Vol.38 継続できる運動のすすめ(乳がん治療の観点から)

 昨今、芸能人の罹患をきっかけに連日のように乳がんの話題が取り上げられている。国立がんセンターによると生涯で乳がんに罹患する確率は12人に1人と報告されている。乳がんの生物学的特性(サブタイプ)は多彩でサブタイプによって治療法は異なってくる。治療の一つである薬物療法には化学療法、分子標的療法、内分泌療法などがあり、腫瘍のサブタイプによって治療法を選択している。女性ホルモンに依存した乳がんの場合乳がんの再発を防ぐためにホルモン療法を行うのだが、閉経後に使用する薬の一つにアロマターゼ阻害剤というものがある。術後補助療法において大変重要な薬であるが、この薬の副作用として関節痛がしばしば認められる。関節痛がおこる原因は不明で、又関節痛の程度は個人差があり支障のない方もいれば重篤な関節痛が原因で服薬を中断してしまう方もいる。2013年に米国で開催された世界的に権威のある乳がんの学会において、アロマターゼ阻害剤の関節痛に対し有酸素運動を行うことで関節痛を軽減することができたとの報告があり話題となった。運動の内容は週に2回の筋力トレーニングと週に150分のランニングやエアロビクス、エアロバイクといった有酸素運動でかなりハードなものであった。乳がんに罹患した患者さん全てにこのようなハードな運動を行うことは非現実的で、個々人が実施可能な運動でも関節痛軽減に有効なのか?那覇西クリニックと東北大と共同でアロマターゼ阻害剤内服中の患者さんを運動介入群と非介入群に分けランダム化比較試験を行った。運動介入群には週120分から150分のランニングやウォーキングなどの強い運動、週に60分のラジオ体操などの中等度の運動、階段の上り下りなどの弱い運動をそれぞれ選択してもらった。本研究の結果は、運動を行う事で関節痛の改善傾向が認められ、運動の強度別でも差はなく日常生活でも可能な運動でも関節痛の改善傾向がみられた。

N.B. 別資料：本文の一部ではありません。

/// Passes over the record whose head the reader just gave: a Note is passed over whole, and another record has no place, which is refused
/// once it was passed over whole. No memory goes by the payload's length. It gives the reader back.
pub fn pass_other<S: Source>(
    alloc: Global,
    head: Head,
    reader: BundleReader<S>,
) -> (BundleReader<S>, Result<(), Stop>)
    requires { IsReady head reader }
    ensures passes { PassesOther head (coming (Record head) reader) result.0.ahead result.1 }
    ensures on { OnOk result.1 (GoesOn reader result.0) }
    ensures cause { IfErr result.1 StopsBundle }
    ensures stops { StopsReading reader.faults result.0.faults result.1 }
    ensures same { result.0.name ≡ reader.name }
{
    let mut reader = reader;
    match pass_payload_of(alloc, head, &mut reader) {
        Err(stop) => (reader, Err(stop)),
        Ok(()) => {
            if is_note(head.kind) {
                (reader, Ok(()))
            } else {
                (reader, Err(refuse_bundle(alloc, head.at, b"misplaced")))
            }
        }
    }
}

/// What a command makes of the records of a body: a turn for each.
pub trait Turns {
    ghost use Rattle.std.specs.Prelude.{◌≡◌, ℕ, ◌+◌, Bool, true, false, Some, OnOk};
    ghost use Rattle.std.specs.Option.{option_map};
    ghost use Rattle.xt_io.specs.Bundles.{Bundle, only_fault, before_bundle};
    ghost use Rattle.xt_io.specs.declared.Item.{Item};
    ghost use Rattle.xt_io.specs.declared.Kind.{Kind};
    ghost use Rattle.xt_io.specs.declared.RecordFault.{RecordFault};
    ghost use Rattle.tool_runs.specs.declared.output.ending.Style.{Style};
    ghost use Rattle.tool_runs.specs.declared.output.turns.Next.TheVariants.{Record};
    ghost use Rattle.tool_runs.specs.output.Outputs.{Output, broken, refused, other_output};
    ghost use Rattle.tool_runs.specs.output.Blocks.{held, wanting};
    ghost use Rattle.tool_runs.specs.output.Runs.{coming, IsReady, GoesOn, Steps, Stops};

    /// Whether lines or records are written.
    ghost style: { Style };

    /// The kinds of records that are taken.
    ghost kinds: { Kind → Bool };

    /// What is still to be written where the records from this number on are these.
    ghost to_write: { Self → ℕ → Bundle → Output };

    /// Whether records of this kind are taken.
    fn takes(kind: Kind) -> bool
        ensures { result ≡ kinds kind };

    /// Takes the record of this number, whose head the reader just gave, and gives the reader back. What it comes to goes into the block. A
    /// refusal is not written yet. A payload may be gathered in the text, whose memory is used again for each record; what it holds says nothing.
    fn turn<S: Source>(
        &mut self,
        alloc: Global,
        number: u32,
        head: Head,
        reader: BundleReader<S>,
        gathered: &mut Text,
        block: &mut Block,
    ) -> (BundleReader<S>, Result<(), Stop>)
        requires ready { IsReady head reader }
        requires taken { kinds head.kind ≡ true }
        ensures steps { Steps style (option_map (to_write self.old number) (coming (Record head) reader)) (option_map (to_write self.new (number + 1)) result.0.ahead) result.1 (Some (held block.old)) (Some (held block.new)) }
        ensures on { OnOk result.1 (GoesOn reader result.0) }
        ensures stops { Stops reader.faults result.0.faults (wanting block.old) (wanting block.new) result.1 }
        ensures same { result.0.name ≡ reader.name };

    /// A fault in a record's place ends the command.
    ghost at_fault: { (s : Self) (k : ℕ) (fault : RecordFault) → to_write s k (only_fault fault) ≡ refused style (broken fault) };

    /// Of the other records Notes are passed over, and nothing else has a place.
    ghost at_other: { (s : Self) (k : ℕ) (item : Item) (more : Bundle) → kinds item.kind ≡ false → to_write s k (before_bundle item more) ≡ other_output style item (to_write s (k + 1) more) };
}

 沖縄県民は現在、食生活の欧米化、ライフスタイルの変遷、運動量の減少に伴い生活習慣病が社会問題になっている。加えて、長寿の国沖縄の地位も危ぶまれており、長寿復活へ向けて今一度沖縄県民のライフスタイルを見直す時期が来ていると考えられる。我々のような医療従事者のみならず、地域住民が一丸となって運動の機運を盛り上げることで沖縄県民の健康長寿復活の一助となると考えられ、継続可能な運動を広く県民の皆様に推奨したいと思う。